Iraqi Federal Police officers hold up a captured ISIS flag in the Islamic State occupied village of Abu Saif, 6 kilometres from Mosul on February 22, 2017 in Nineveh, northern Iraq. Iraqi forces launched the offensive to take western Mosul from Islamic State, on February 19, 2017.

The interventions only left the local system in a mess, thus allowing dangerous disruptive forces in the forms of sectarianism, dogmatism and political backlash and chaos to take the centrestage. Although the IS has been defeated militarily, it hasn’t vanished but looking for bases elsewhere like in Afghanistan. Iraq, too, continues to face political, tribal and sectarian conflicts that are fueling extremism and regional rivalries.

PAKISTAN: An old ally of the US, Pakistan found itself at the receiving end after 9/11. Islamabad had been a part of the anti-Soviet axis of the Cold War era and was in trouble once that axis broke down. The US pressured Pakistani rulers to take a strong stand against the Afghanistan-based extremists but because of its own interests, Islamabad found it challenging. Pakistan has witnessed a rare democractic continuity for over a decade now but even its elected rulers have failed to bring a change in its Afghanistan policy because of realpolitik.

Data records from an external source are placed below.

#[test]
fn matchers(rt: HostRuntime) -> Result<(), Fail> {
    assert_groups(&rt, &MATCHERS)
}

const LINES_MISSING: [&str; 4] = [
    "",
    "class = \"ToProcessor\"\n",
    "class = \"ToRepository\"\n",
    "class = \"ToProcessor\"\nonMatchException = 5\n",
];

const LINES_WRONG_TYPE: [&str; 8] = [
    "class = 5\n",
    "class = \"ToProcessor\"\nprocessor = 5\n",
    "class = \"SetMailAttribute\"\nattributes = {a = \"\", b = 5}\n",
    "class = \"MailAttributesToMimeHeaders\"\nsimplemapping = [\"a\", 5]\n",
    "class = \"NotifyPostmaster\"\npassThrough = 1\n",
    "class = \"RemoteDelivery\"\ndelayTime = 5\n",
    "class = \"RemoteDelivery\"\ndelayTime = \"0*5 s\"\nmaxRetries = true\n",
    "class = \"Null\"\nonMatchException = 5\nonMailetException = \"nomatch\"\n",
];

const LINES_UNKNOWN_CLASS: [&str; 1] = ["class = \"null\"\n"];

const LINES_TAKEN: [&str; 22] = [
    "class = \"Null\"\nprocessor = 5\n",
    "class = \"ToProcessor\"\nprocessor = \"error\"\n",
    "class = \"ToProcessor\"\nprocessor = \"ghost\"\n",
    "class = \"SetMailAttribute\"\nattributes = {b = \"c\", a = \"\"}\n",
    "class = \"RemoveMailAttribute\"\nname = \"a, b\"\n",
    "class = \"RemoveAllMailAttributes\"\n",
    "class = \"SetMimeHeader\"\nname = \"X-A\"\nvalue = \"b\"\n",
    "class = \"RemoveMimeHeader\"\nname = \"X-A,X-B\"\n",
    "class = \"MailAttributesToMimeHeaders\"\nsimplemapping = [\"a;X-A\"]\n",
    "class = \"AddSubjectPrefix\"\nsubjectPrefix = \"[x]\"\n",
    "class = \"RecipientToLowerCase\"\n",
    "class = \"PostmasterAlias\"\n",
    "class = \"RecipientRewriteTable\"\n",
    "class = \"Forward\"\nforwardTo = \"a@b.test\"\npassThrough = \"true\"\n",
    "class = \"Bounce\"\n",
    "class = \"LocalDelivery\"\n",
    "class = \"ToRepository\"\nrepositoryPath = \"file://var/mail\"\npassThrough = false\n",
    "class = \"RemoteDelivery\"\n",
    "class = \"RemoteDelivery\"\nmaxRetries = 100\n",
    "class = \"RemoteDelivery\"\ngateway = \"g.test\"\nbounceProcessor = \"ghost\"\n",
    "class = \"Fail\"\n",
    "class = \"Null\"\nonMatchException = \"matchall\"\nonMailetException = \"ignore\"\n",
];

const LINES_UNKNOWN_PROCESSOR: [&str; 4] = [
    "class = \"ToProcessor\"\nprocessor = \"nowhere\"\n",
    "class = \"RemoteDelivery\"\nbounceProcessor = \"nowhere\"\n",
    "class = \"Null\"\nonMatchException = \"ignore\"\n",
    "class = \"Null\"\nonMailetException = \"nomatch\"\n",
];

const LINES_BAD_ARGUMENT: [&str; 17] = [
    "class = \"SetMailAttribute\"\nattributes = {}\n",
    "class = \"SetMailAttribute\"\nattributes = {\"a,b\" = \"c\"}\n",
    "class = \"RemoveMailAttribute\"\nname = \"a,\"\n",
    "class = \"SetMimeHeader\"\nname = \"X A\"\nvalue = 5\n",
    "class = \"SetMimeHeader\"\nname = \"X-A\"\nvalue = \"\"\n",
    "class = \"RemoveMimeHeader\"\nname = \" \"\n",
    "class = \"MailAttributesToMimeHeaders\"\nsimplemapping = [\"a\"]\n",
    "class = \"MailAttributesToMimeHeaders\"\nsimplemapping = []\n",
    "class = \"Forward\"\nforwardTo = \"\"\n",
    "class = \"Forward\"\nforwardTo = \"a@b.test, c@d.test\"\npassThrough = \"yes\"\n",
    "class = \"Bounce\"\nmessage = \"\"\n",
    "class = \"ToRepository\"\nrepositoryPath = \"a b\"\n",
    "class = \"RemoteDelivery\"\noutgoing = \"a b\"\n",
    "class = \"RemoteDelivery\"\ndelayTime = \"0*5 s\"\n",
    "class = \"RemoteDelivery\"\ndelayTime = \"8 days\"\n",
    "class = \"RemoteDelivery\"\nmaxRetries = 101\n",
    "class = \"Fail\"\ntext = \"\"\n",
];

const LINES_BAD_ADDRESS: [&str; 2] = [
    "class = \"Forward\"\nforwardTo = \"a@b.test,c\"\n",
    "class = \"RemoteDelivery\"\ngateway = \"-\"\nbounceProcessor = \"nowhere\"\n",
];

const LINES: [Group; 7] = [
    (
        BEHIND_MATCH,
        &LINES_MISSING,
        Some((PlanKind::Missing, 1, 1)),
    ),
    (
        BEHIND_MATCH,
        &LINES_WRONG_TYPE,
        Some((PlanKind::WrongType, 1, 1)),
    ),
    (
        BEHIND_MATCH,
        &LINES_UNKNOWN_CLASS,
        Some((PlanKind::UnknownClass, 1, 1)),
    ),
    (BEHIND_MATCH, &LINES_TAKEN, None),
    (
        BEHIND_MATCH,
        &LINES_UNKNOWN_PROCESSOR,
        Some((PlanKind::UnknownProcessor, 1, 1)),
    ),
    (
        BEHIND_MATCH,
        &LINES_BAD_ARGUMENT,
        Some((PlanKind::BadArgument, 1, 1)),
    ),
    (
        BEHIND_MATCH,
        &LINES_BAD_ADDRESS,
        Some((PlanKind::BadAddress, 1, 1)),
    ),
];

#[test]
fn classes_and_parameters(rt: HostRuntime) -> Result<(), Fail> {
    assert_groups(&rt, &LINES)
}

/// Remote deliveries of the names `outgoing`, which is that of one without a name, and `Outgoing`.
const BEHIND_DELIVERIES: Place = (
    &[
        SPOOL,
        ROOT,
        STEP,
        ALL,
        "class = \"RemoteDelivery\"\n",
        ERROR,
        STEP,
        ALL,
        "class = \"RemoteDelivery\"\noutgoing = \"Outgoing\"\n",
    ],
    &[],
);

const OUTGOING: &str =
    "[[processor.step]]\nmatch = \"All\"\nclass = \"RemoteDelivery\"\noutgoing = \"outgoing\"\ndelayTime = 5\n";

#[test]
fn names_of_remote_deliveries(rt: HostRuntime) -> Result<(), Fail> {
    assert_groups(
        &rt,
        &[
            (
                BEHIND_DELIVERIES,
                &[OUTGOING],
                Some((PlanKind::Twice, 2, 2)),
            ),
            (BEHIND_DELIVERIES, &[""], None),
        ],
    )
}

The US’s relationship with Pakistan has deteriorated under the last three presidencies while it has improved with Pakistan’s arch-rival India. Islamabad relies on Beijing as a countermeasure to Washington’s pressure. But that is more about its own survival and little about reining in terrorists. The American war on terror hasn’t succeeded at least in Pakistan even after its forces hunted down Laden in that country in 2011.

Libya's condition has not improved much despite the death of dictator Muammar Gaddafi in 2011.

LIBYA: Libya is another country which has suffered the impact of the US’s war on terror. The country’s slain dictator, Muammar Gaddafi, once had a chequered relationship with Washington. Once a strong opponent of the West, Gaddafi’s regime came under sanctions that saw Tripoli going for positive changes like shutting down terror camps. While many wondered whether Gaddafi had changed, there are experts who said that to bring changes in a state’s behaviour, it is not necessary to effect a regime change.

Gaddafi was the one who had sympathised with the US during the 9/11 attacks but he was still no hero in the eyes of the Americans because of the Lockerbie bombing of 1988. He was eventually eliminated in 2011 and the US considered it a big foreign policy success though the US government found itself under attack in Benghazi on the 11th anniversy of the 9/11 atacks, with the US ambassador to Libya even getting killed. Obama's Libya policy was seen as a failure by many since the North African country could not develop into a democracy despite anti-terror initiatives.

This year, President Trump himself made a mockery of the US’s policy towards Libya further by reaching out to Khalifa Hifter, a self-declared autocrat and leader of the Libyan National Army that launched an attack on Tripoli, the seat of the internationally recognised Government of National Accord. And Trump this did in the wake of his own administration’s officials condemning Hifter’s act. Caught in a similar situation like that in Afghanistan, Libya’s UN-backed government struggles to control territories that are dominated by rival factions and the lack of cohesion provides enough opportunity for terrorist groups to thrive, putting the entire region in turmoil.